Exercise aim: Go through the records below line by line. Count the lines with "bool" and give the count alone.

(Collected data entries)

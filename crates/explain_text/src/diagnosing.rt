// From a report to its findings as data.
ghost use Rattle.std.specs.Prelude.{◌≡◌, ◌-◌, IfOk, length, drop, map};
ghost use Rattle.std.specs.List.{All, list_all};
ghost use Rattle.serde_json.specs.View.{view};
ghost use Rattle.explain_report.specs.Arms.{arms_view, read_arms};
ghost use Rattle.explain_report.specs.Records.{report_view};
ghost use Rattle.explain_report.specs.Reading.{report_of};
ghost use Rattle.explain_report.specs.Skimming.{read_skimmed};
ghost use Rattle.explain_places.specs.Spans.{Rise};
ghost use Rattle.explain_text.specs.Diagnosing.{Diagnoses, DiagnosesBy, checked, described, diagnosis_of, diagnosis_of_json, diagnosis_of_report, findings_of, is_found, is_inside, is_note_found};
ghost use Rattle.explain_text.specs.Diagnostics.{IsInside, diagnostic_view, note_view};
ghost use Rattle.explain_text.specs.Findings.{finding_view};
ghost use Rattle.explain_text.specs.Sources.{mark_length};

use crate::describing::diagnostics_of;
use crate::diagnostics::{Diagnostic, Note};
use crate::findings::{Finding, Site, report_findings};
use crate::order::in_file_order;
use crate::source::mark_length;
use explain_places::{Piece, Place, function_bodies, source_pieces};
use explain_report::{ReadFault, Report, read_arms, report_of, value_of};
use no_memory::NoMemory;
use serde_json::Value;
use std::alloc::{AllocError, Global};

/// Why there are no findings and no text.
#[derive(Clone, Copy, Debug, PartialEq, Eq)]
pub enum Fault {
    /// The JSON is no report: no JSON, or of another shape.
    NoReport,
    /// No token of the file begins at a place of the report, or the place is inside a character.
    NoPlace,
    /// Memory was wanted and refused.
    NoMemory,
}

impl From<AllocError> for Fault {
    ghost use Rattle.explain_text.specs.declared.diagnosing.Fault.TheVariants.{NoMemory};

    ghost from_gives = { λ _ e. e ≡ NoMemory };

    fn from(_: AllocError) -> Fault {
        Fault::NoMemory
    }
}

impl From<NoMemory> for Fault {
    ghost use Rattle.explain_text.specs.declared.diagnosing.Fault.TheVariants.{NoMemory};

    ghost from_gives = { λ _ e. e ≡ NoMemory };

    fn from(_: NoMemory) -> Fault {
        Fault::NoMemory
    }
}

// Whether a place is in the file, or none is told.
fn is_found(file: &[u8], place: Place) -> bool
    ensures { result ≡ is_found file.now place }
{
    match place {
        Place::There(span) => span.from <= file.len(),
        Place::Nowhere => true,
        Place::Lost => false,
    }
}

// Whether the places of all notes are.
fn are_found(file: &[u8], notes: &[Note]) -> bool
    ensures { result ≡ list_all (is_note_found file.now) (map note_view notes.now) }
{
    for note in notes {
        if !is_found(file, note.place) {
            return false;
        }
    }
    true
}

// Whether the places of a finding are in the file.
fn is_inside(file: &[u8], one: &Diagnostic) -> bool
    ensures { result ≡ is_inside file.now (diagnostic_view one.now) }
{
    is_found(file, one.place) && are_found(file, one.notes.as_slice())
}

// Whether the places of all findings are in the file.
fn are_inside(file: &[u8], all: &[Diagnostic]) -> bool
    ensures { result ≡ list_all (is_inside file.now) (map diagnostic_view all.now) }
{
    for one in all {
        if !is_inside(file, one) {
            return false;
        }
    }
    true
}

// Findings in words, where all of their places are in the file.
fn findings_diagnosed(
    alloc: Global,
    file: &[u8],
    arms: &[Vec<String>],
    findings: &[Finding<'_, '_>],
) -> Result<Vec<Diagnostic>, Fault>
    ensures { Diagnoses (checked file.now (described file.now (map arms_view arms.now) (map finding_view findings.now))) result }
{
    let mark = mark_length(file);
    let all = diagnostics_of(alloc, &file[mark..], mark, arms, findings)?;
    if are_inside(file, all.as_slice()) {
        Ok(all)
    } else {
        Err(Fault::NoPlace)
    }
}

// The findings of a report.
fn report_diagnosed(
    alloc: Global,
    file: &[u8],
    arms: &[Vec<String>],
    pieces: &[Piece],
    report: &Report<'_>,
) -> Result<Vec<Diagnostic>, Fault>
    requires { Rise pieces.now }
    ensures { Diagnoses (checked file.now (described file.now (map arms_view arms.now)
        (findings_of file.now pieces.now (report_view report.now)))) result }
{
    let bodies = function_bodies(alloc, pieces)?;
    let site = Site {
        file,
        pieces,
        bodies: bodies.as_slice(),
    };
    let found = report_findings(alloc, &site, report)?;
    let findings = in_file_order(found)?;
    findings_diagnosed(alloc, file, arms, findings.as_slice())
}

// The findings of a JSON value.
fn value_diagnosed(
    alloc: Global,
    file: &[u8],
    arms: &[Vec<String>],
    pieces: &[Piece],
    value: &Value,
) -> Result<Vec<Diagnostic>, Fault>
    requires { Rise pieces.now }
    ensures { Diagnoses (diagnosis_of_report file.now (map arms_view arms.now) pieces.now (report_of (view value.now))) result }
{
    match report_of(alloc, value) {
        Ok(report) => report_diagnosed(alloc, file, arms, pieces, &report),
        Err(ReadFault::NoReport) => Err(Fault::NoReport),
        Err(ReadFault::NoMemory) => Err(Fault::NoMemory),
    }
}

// The findings of a report in JSON, with the arms to add.
#[tactic(auto, unfolding(crate::specs::Diagnosing::diagnosis_of_json))]
fn json_diagnosed(
    alloc: Global,
    file: &[u8],
    arms: &[Vec<String>],
    pieces: &[Piece],
    json: &str,
) -> Result<Vec<Diagnostic>, Fault>
    requires { Rise pieces.now }
    ensures { Diagnoses (diagnosis_of_json file.now (map arms_view arms.now) pieces.now (read_skimmed json.now)) result }
{
    match value_of(alloc, json) {
        Ok(value) => value_diagnosed(alloc, file, arms, pieces, &value),
        Err(ReadFault::NoReport) => Err(Fault::NoReport),
        Err(ReadFault::NoMemory) => Err(Fault::NoMemory),
    }
}

// The findings of two reports in JSON, beside a file with these tokens.
fn both_diagnosed(
    alloc: Global,
    file: &[u8],
    pieces: &[Piece],
    json: &str,
    arms: &str,
) -> Result<Vec<Diagnostic>, Fault>
    requires { Rise pieces.now }
    ensures { Diagnoses (diagnosis_of file.now (read_skimmed json.now) (read_arms arms.now) pieces.now) result }
{
    match read_arms(alloc, arms) {
        Ok(arms) => json_diagnosed(alloc, file, arms.as_slice(), pieces, json),
        Err(ReadFault::NoReport) => Err(Fault::NoReport),
        Err(ReadFault::NoMemory) => Err(Fault::NoMemory),
    }
}

/// The findings of a report in JSON on a file, each once, in the order of their places: the bytes of the file, the report
/// of `check` or `trees`, and the report of `arms` or an empty text.
///
/// They are told by these three alone. Any JSON and any file may be given; what stands deeper in the JSON than any key
/// of a report that is shown is passed over (`explain_report::value_of`). Each place of a finding that is told is in the
/// file.
pub fn report_diagnostics(
    alloc: Global,
    file: &[u8],
    json: &str,
    arms: &str,
) -> Result<Vec<Diagnostic>, Fault>
    ensures exact { DiagnosesBy file.now (diagnosis_of file.now (read_skimmed json.now) (read_arms arms.now)) result }
    ensures inside { IfOk result (λ ds. All (IsInside (length file.now - mark_length file.now) (mark_length file.now))
        (map diagnostic_view ds.items)) }
{
    let pieces = source_pieces(alloc, file)?;
    both_diagnosed(alloc, file, pieces.as_slice(), json, arms)
}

Task solution: 4